Contributing to your 401k, 403(b), a personal pension plan is great, but probably won’t cut it. Chances are very high that you will need another type of investing account for retirement.
The reason why these tax-advantageous accounts are so important is just that. You are not taxed on your gains. Taxes will take away a lot from you and you need to take advantage of every tax-deferred account possible.
Also, I don’t remember where I heard this, but if your money isn’t working for you, you will never be able to retire. And what better place to have your money work, than a tax advantageous account?
The Earlier The Better
Just the other day I mentioned that I have a Roth IRA with one of the Dentists at my school and he said “Wow, you already have an IRA? Well, you are ahead of the game!”
Yes yes yes! You want to be well ahead of the game. It shouldn’t be a shocker to others either that I have planned for retirement. I wish everyone was ahead of the game and you should want to be ahead of the game also. Who doesn’t want a little advantage over life?
“If you started at 20, contributing every year … and then you stopped at age 30, at 60 you would have more money than someone who started at 30 and contributed regularly for 30 years.”-Hopwood
Should I Be Investing In An IRA Even During School?
If you have a sugar momma/daddy or you have some source of a side income (and you file your taxes on that income) then Yes! I think you should be contributing to retirement funds even while in school.
“But we are at the peak of a bull market. If I buy now, my assets are going to decrease in value! I should wait.” No, No you should not wait, if you are going to invest, the best time to do it is now! Even if we are in “peak” of the bull market. Here,lemme give you a little hint, you can’t time the freaking market.
No one can.
If they say they can, then they are liars and shouldn’t be listened to. We might be near the peak or we might not be anywhere near the peak. Who knows. But if you are really anxious about it then hedge your way in… don’t put all your money in at one moment, spread it out over the year, make monthly deposits.
My point is, you’re not in this for the short run, you are in this for the long haul. Like 30 years long haul. Your investments will increase over a 30 year period even if we experience a market drop in the next 2 years.
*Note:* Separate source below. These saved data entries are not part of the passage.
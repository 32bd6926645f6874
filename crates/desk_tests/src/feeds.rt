//! A feed of a desk's commits, whose clients receive their changes over channels (docs/THREADS.md).
use crate::calls::{delete, insert, move_row};
use crate::desks::{Scene, limits, play};
use change_list::{Item, Row};
use crossbeam_channel::{Receiver, Sender, bounded};
use desk::{Desk, Seat};
use feed::Feed;
use history::Naming;
use interval_class::{Atom, Interval, Intervals};
use key_class::{Pred, Refusal};
use std::alloc::Global;
use std::process::Abort;
use std::sync::Wait;
use std::sync::ledger::Ledger;
use std::test::*;
use storm::{Hearing, Verdict, subscriber_judged};
use test_support::{all, overlapping};

const LOW: Interval = Interval { lo: 5, hi: 8 };

const HIGH: Interval = Interval { lo: 105, hi: 108 };

/// A client of a feed: its query, its subscription, and the channel to which its changes are sent.
#[derive(Drop)]
struct Client {
    query: Pred<Atom>,
    serial: u64,
    /// It was sent all changes up to this commit.
    position: u64,
    channel: Sender<Vec<Item<Interval>>>,
}

impl Client {
    /// Subscribes to the changes of a query from the first commit on. The channel holds one message.
    fn subscribe(
        alloc: Global,
        feed: &mut Feed<Intervals>,
        query: Pred<Atom>,
    ) -> Result<(Client, Receiver<Vec<Item<Interval>>>), Refusal> {
        let (channel, receiver) = bounded(alloc, 1)?;
        let serial = feed.subscribe(query.copy(alloc)?, 0)?;
        let client = Client {
            query,
            serial,
            position: 0,
            channel,
        };
        Ok((client, receiver))
    }

    /// Sends the changes up to a commit. If the channel is full, the subscription ends and another begins after the
    /// last commit whose changes were sent, so that a later advance delivers these again.
    fn send<R: Wait>(
        &mut self,
        rt: &R,
        alloc: Global,
        feed: &mut Feed<Intervals>,
        changes: Vec<Item<Interval>>,
        upto: u64,
    ) -> Result<(), Refusal> {
        if self.channel.try_send(rt, changes).is_ok() {
            self.position = upto;
            return Ok(());
        }
        feed.unsubscribe(self.serial)?;
        self.serial = feed.subscribe(self.query.copy(alloc)?, self.position)?;
        Ok(())
    }
}

/// Advances the feed over a snapshot of the desk, and sends both clients their changes. Returns the number of commits.
fn advance<L: Ledger + Naming, R: Wait>(
    rt: &R,
    alloc: Global,
    desk: &Desk<Intervals, L>,
    seat: &mut Seat<Intervals, L>,
    feed: &mut Feed<Intervals>,
    clients: &mut [Client],
) -> Result<u64, Refusal> {
    let snapshot = desk.snapshot(rt, seat)?;
    let mut delivered = Vec::new(alloc);
    let upto = feed.advance(&snapshot, u64::MAX, &mut delivered)?;
    for client in clients {
        let mut changes = Vec::new(alloc);
        for (serial, item) in delivered.as_slice() {
            if *serial == client.serial {
                changes.push(*item)?;
            }
        }
        client.send(rt, alloc, feed, changes, upto)?;
    }
    Ok(upto)
}

/// Appends the next message of a channel to a list.
fn receive<R: Wait>(
    rt: &R,
    receiver: &Receiver<Vec<Item<Interval>>>,
    into: &mut Vec<Item<Interval>>,
) -> Result<(), Refusal> {
    if let Ok(mut changes) = receiver.recv(rt) {
        into.append(&mut changes)?;
    }
    Ok(())
}

/// Four commits: three rows at one place, and the second at another.
fn four_rows<L: Ledger + Naming, R: Wait>(
    rt: &R,
    desk: &Desk<Intervals, L>,
    writer: &mut Seat<Intervals, L>,
) -> Result<(), Refusal> {
    for key in [LOW, HIGH, LOW, LOW] {
        let _number = insert(rt, desk, writer, key)?;
    }
    Ok(())
}

/// Two more: the row at the other place comes to the first, and is deleted.
fn two_changes<L: Ledger + Naming, R: Wait>(
    rt: &R,
    desk: &Desk<Intervals, L>,
    writer: &mut Seat<Intervals, L>,
) -> Result<(), Refusal> {
    let _number = move_row(rt, desk, writer, 2, LOW)?;
    let _number = delete(rt, desk, writer, 5)?;
    Ok(())
}

/// One client receives each message as it comes. The other is slow: its channel is full when the feed has processed the
/// last two commits, and it receives their changes once it has made room.
fn one_is_slow<L: Ledger + Naming, R: Wait + Abort>(
    rt: &R,
    alloc: Global,
    desk: &Desk<Intervals, L>,
    writer: &mut Seat<Intervals, L>,
    seat: &mut Seat<Intervals, L>,
) -> Result<(), Refusal> {
    let mut feed = Feed::new(alloc)?;
    let (slow, from_slow) = Client::subscribe(alloc, &mut feed, all())?;
    let (prompt, from_prompt) = Client::subscribe(alloc, &mut feed, overlapping(100, 199)?)?;
    let mut clients = [slow, prompt];
    let (mut late, mut early) = (Vec::new(alloc), Vec::new(alloc));
    four_rows(rt, desk, writer)?;
    assert!(rt; advance(rt, alloc, desk, seat, &mut feed, &mut clients)? == 4);
    receive(rt, &from_prompt, &mut early)?;
    two_changes(rt, desk, writer)?;
    assert!(rt; advance(rt, alloc, desk, seat, &mut feed, &mut clients)? == 6);
    receive(rt, &from_prompt, &mut early)?;
    let row = Row {
        row: 2,
        key: HIGH,
        tag: 0,
    };
    assert!(rt; early.as_slice() == [Item::Inserted(row), Item::Deleted(5, 2)].as_slice());
    receive(rt, &from_slow, &mut late)?;
    assert!(rt; late.len() == 4 && clients[0].position == 4 && clients[0].serial == 3);
    assert!(rt; advance(rt, alloc, desk, seat, &mut feed, &mut clients)? == 6);
    receive(rt, &from_slow, &mut late)?;
    let hearing = Hearing {
        number: 1,
        items: late,
        end: Some(6),
    };
    let snapshot = desk.snapshot(rt, seat)?;
    let verdict = subscriber_judged::<Intervals>(alloc, snapshot.list(), &all(), &hearing)?;
    assert!(rt; verdict == Verdict::Whole);
    Ok(())
}

#[derive(Drop)]
struct SlowClient {}

impl Scene for SlowClient {
    fn play<L: Ledger + Naming, R: Wait + Abort>(
        &self,
        rt: &R,
        alloc: Global,
        desk: &Desk<Intervals, L>,
        seats: &mut [Seat<Intervals, L>],
    ) -> Result<(), Refusal> {
        match seats {
            [writer, seat] => one_is_slow(rt, alloc, desk, writer, seat),
            _ => Err(Refusal::BadConfig),
        }
    }
}

#[test]
fn a_slow_client_of_a_feed_misses_nothing(rt: HostRuntime) -> Result<(), Fail> {
    assert!(rt; play(&rt, rt.alloc(), limits(99, 99), 2, &SlowClient {})? == 6);
    Ok(())
}
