//! Receipts: they come for what a cursor delivered, and not for items that were altered.
use crate::calls::{delete, delivered, insert};
use crate::desks::{Scene, limits, play};
use change_list::Item;
use desk::{Desk, Ended, Seat, Taker};
use history::Naming;
use interval_class::{Interval, Intervals};
use key_class::Refusal;
use std::alloc::Global;
use std::process::Abort;
use std::sync::Wait;
use std::sync::ledger::Ledger;
use std::test::*;
use test_support::all;

/// How the items that a client took are altered before they are handed in.
#[derive(Clone, Copy)]
enum Alteration {
    Nothing,
    /// Only the first item is handed in.
    FirstAlone,
    RowDoubled,
    ChangesExchanged,
    MarkTooHigh,
}

/// Alters the items: three rows, three changes and a mark.
fn alter(items: &mut Vec<Item<Interval>>, alteration: Alteration) -> Result<(), Refusal> {
    if items.len() != 7 {
        return Err(Refusal::NotHere);
    }
    match alteration {
        Alteration::Nothing => {}
        Alteration::FirstAlone => items.truncate(1),
        Alteration::RowDoubled => {
            let doubled = items[0];
            items.insert(0, doubled)?;
        }
        Alteration::ChangesExchanged => items.as_mut_slice().swap(3, 4),
        Alteration::MarkTooHigh => items[6] = Item::Mark(7),
    }
    Ok(())
}

/// Inserts a row for each of these keys.
fn insert_all<L: Ledger + Naming, R: Wait>(
    rt: &R,
    desk: &Desk<Intervals, L>,
    seat: &mut Seat<Intervals, L>,
    lows: &[i64],
) -> Result<(), Refusal> {
    for low in lows {
        let _number = insert(rt, desk, seat, Interval::new(*low, *low)?)?;
    }
    Ok(())
}

/// Two more rows, a delete, and a mark; and what the cursor delivers.
fn followed<L: Ledger + Naming, R: Wait>(
    rt: &R,
    alloc: Global,
    desk: &Desk<Intervals, L>,
    seat: &mut Seat<Intervals, L>,
    taker: &mut Taker<'_, Intervals, L>,
) -> Result<Vec<Item<Interval>>, Refusal> {
    insert_all(rt, desk, seat, &[4, 5])?;
    let _deleted = delete(rt, desk, seat, 1)?;
    let _asked = desk.ask_mark(rt, taker.cursor());
    delivered(rt, alloc, desk, taker)
}

/// The opening of the cursor and the number of commits that a receipt names.
fn receipt_of(ended: Ended<Interval>) -> Option<(u64, u64)> {
    match ended {
        Ended::Receipt(receipt) => Some((receipt.opened(), receipt.commits())),
        Ended::NoReceipt => None,
    }
}

/// The receipt of a cursor that is opened after three rows.
fn closed_with<L: Ledger + Naming, R: Wait>(
    rt: &R,
    alloc: Global,
    desk: &Desk<Intervals, L>,
    seat: &mut Seat<Intervals, L>,
    alteration: Alteration,
) -> Result<Option<(u64, u64)>, Refusal> {
    insert_all(rt, desk, seat, &[1, 2, 3])?;
    let mut taker = desk.open_cursor(rt, seat, all(), 16)?;
    let mut items = followed(rt, alloc, desk, seat, &mut taker)?;
    alter(&mut items, alteration)?;
    Ok(receipt_of(taker.close(rt, seat, items.as_slice())))
}

/// A client that hands in altered items, and what its receipt names.
#[derive(Drop)]
struct Altered {
    alteration: Alteration,
    receipt: Option<(u64, u64)>,
}

impl Scene for Altered {
    fn play<L: Ledger + Naming, R: Wait + Abort>(
        &self,
        rt: &R,
        alloc: Global,
        desk: &Desk<Intervals, L>,
        seats: &mut [Seat<Intervals, L>],
    ) -> Result<(), Refusal> {
        for seat in seats {
            let receipt = closed_with(rt, alloc, desk, seat, self.alteration)?;
            assert!(rt; receipt == self.receipt);
        }
        Ok(())
    }
}

#[test]
fn altered_items_get_no_receipt(rt: HostRuntime) -> Result<(), Fail> {
    for (place, (alteration, receipt)) in [
        (Alteration::Nothing, Some((3, 6))),
        (Alteration::FirstAlone, Some((3, 6))),
        (Alteration::RowDoubled, None),
        (Alteration::ChangesExchanged, None),
        (Alteration::MarkTooHigh, None),
    ]
    .into_iter()
    .enumerate()
    {
        let scene = Altered {
            alteration,
            receipt,
        };
        assert!(rt;
            play(&rt, rt.alloc(), limits(99, 99), 1, &scene)? == 6,
            "{place}"
        );
    }
    Ok(())
}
Also, check out this chart I threw together. This is over a 35 year period with an annual compound interest of 7%
If you deposit just $5,500 there is a potential for that money to grow to be about $55,000 in 35 years. This is just depositing the money and not adding an annual contribution to it. Now, check out if we do an annual contribution of $5,500 every year for 35 years. Starting with $5,500.
Roughly $760,00 over 35 years! You only contributed $192,500… that is $567,500 earnings from your investments. That is 567k that you did not have to work for! The money did the work.
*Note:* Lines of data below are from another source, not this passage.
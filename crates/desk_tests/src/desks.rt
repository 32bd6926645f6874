//! A desk for each test, on which a scene is played.
ghost use Rattle.std.specs.Prelude.{◌≡◌};

use change_list::{ChangeList, Config, Write};
use desk::{Closing, Desk, Finished, Seat};
use history::{BlankHistory, Naming};
use interval_class::{Interval, Intervals};
use key_class::Refusal;
use std::alloc::Global;
use std::marker::Brand;
use std::process::Abort;
use std::sync::Wait;
use std::sync::ledger::{Blank, Ledger};
use world::Stamped;

/// What the clients of a desk do in a test.
pub trait Scene {
    fn play<L: Ledger + Naming, R: Wait + Abort>(
        &self,
        rt: &R,
        alloc: Global,
        desk: &Desk<Intervals, L>,
        seats: &mut [Seat<Intervals, L>],
    ) -> Result<(), Refusal>;
}

/// The limits of a desk with small pages.
pub fn limits(pages: u32, commits: u32) -> Config {
    Config {
        fan: 4,
        least: 2,
        pages,
        commits,
    }
}

/// The stamps of seats.
fn stamps_of<L: Ledger + Naming>(
    alloc: Global,
    seats: &[Seat<Intervals, L>],
) -> Result<Vec<Stamped<Interval>>, Refusal> {
    let mut stamps = Vec::new(alloc);
    for seat in seats {
        for stamp in seat.stamps() {
            stamps.push(*stamp)?;
        }
    }
    Ok(stamps)
}

/// Whether the stamps, ordered by number, are the commits.
fn are_the_commits(stamps: &[Stamped<Interval>], commits: &ChangeList<Interval>) -> bool {
    let mut number: u64 = 0;
    for stamp in stamps {
        number = number.wrapping_add(1);
        if stamp.number() != number || commits.commit(number) != Some(stamp.write()) {
            return false;
        }
    }
    number == commits.len() as u64
}

/// The number of commits, if the desk could be finished and the stamps of all seats are exactly these.
pub fn commits_of<L: Ledger + Naming>(
    alloc: Global,
    closing: Option<Closing<Intervals, L>>,
) -> Result<u64, Refusal> {
    let Some(closing) = closing else {
        return Err(Refusal::NotHere);
    };
    let (sum, count) = (closing.sum(), closing.commits().len() as u64);
    let (commits, seats) = closing.into_parts();
    let mut stamps = stamps_of(alloc, seats.as_slice())?;
    stamps
        .as_mut_slice()
        .sort_unstable_by_key(|stamp| stamp.number());
    if are_the_commits(stamps.as_slice(), &commits) && sum == count {
        Ok(sum)
    } else {
        Err(Refusal::NotHere)
    }
}

/// Finishes a desk. While a seat is out, that gives the desk back.
pub fn finished<L: Ledger + Naming, R: Wait>(
    rt: &R,
    desk: Desk<Intervals, L>,
    seats: Vec<Seat<Intervals, L>>,
) -> Option<Closing<Intervals, L>> {
    let mut seats = seats;
    let last = seats.pop()?;
    let Finished::SeatsOut(desk, mut seats) = desk.finish(rt, seats) else {
        return None;
    };
    seats.push(last).ok()?;
    match desk.finish(rt, seats) {
        Finished::Closing(closing) => Some(closing),
        _ => None,
    }
}

fn at_a_desk<S, L, R>(
    rt: &R,
    alloc: Global,
    blank: Blank,
    history: BlankHistory<Write<Interval>>,
    config: Config,
    seats: usize,
    scene: &S,
) -> Result<u64, Refusal>
where
    S: Scene,
    L: Ledger + Naming,
    R: Wait + Abort,
    requires name { blank.name ≡ L.name }
    requires parts { blank.parts ≡ L.parts }
    requires one_each { blank.parts ≡ seats }
    requires history { history ≡ L.history }
{
    let (desk, mut seats) = Desk::<Intervals, L>::new(alloc, blank, history, config, seats)?;
    let played = scene.play(rt, alloc, &desk, seats.as_mut_slice());
    let closing = finished(rt, desk, seats);
    played?;
    commits_of(alloc, closing)
}

/// Plays a scene at a desk with this many seats, finishes the desk, and returns the number of its commits.
///
/// # Errors
/// `NotHere` if the seats' stamps aren't the commits; a refusal of the scene; or one of `Desk::new`.
pub fn play<S: Scene, R: Wait + Abort>(
    rt: &R,
    alloc: Global,
    config: Config,
    seats: usize,
    scene: &S,
) -> Result<u64, Refusal> {
    let blank = Blank::new(seats as u64);
    let history = BlankHistory::new();
    at_a_desk::<S, Brand, R>(rt, alloc, blank, history, config, seats, scene)
}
The sooner you start, the larger your returns will be down the road. This is something you do not want to procrastinate. You can not play catch up with the years of compounding interest that you have missed out on. Start now even if your contributions seem minuscule, it will be worth it.
Someone’s sitting in the shade today because someone planted a tree a long time ago.– Wararen Buffett
Start growing that tree today. The best time to do it is today not tomorrow, not next week but today.
Open an account with Fidelity or with Vanguard they have the lowest fees (having low fees are extremely important). Open up a Roth IRA with one of these guys and invest in a total market index fund or pay a little extra for their advice on what to invest in (it is worth it). It really is simple, it’s not complex, it will be worth your time and effort to open an IRA.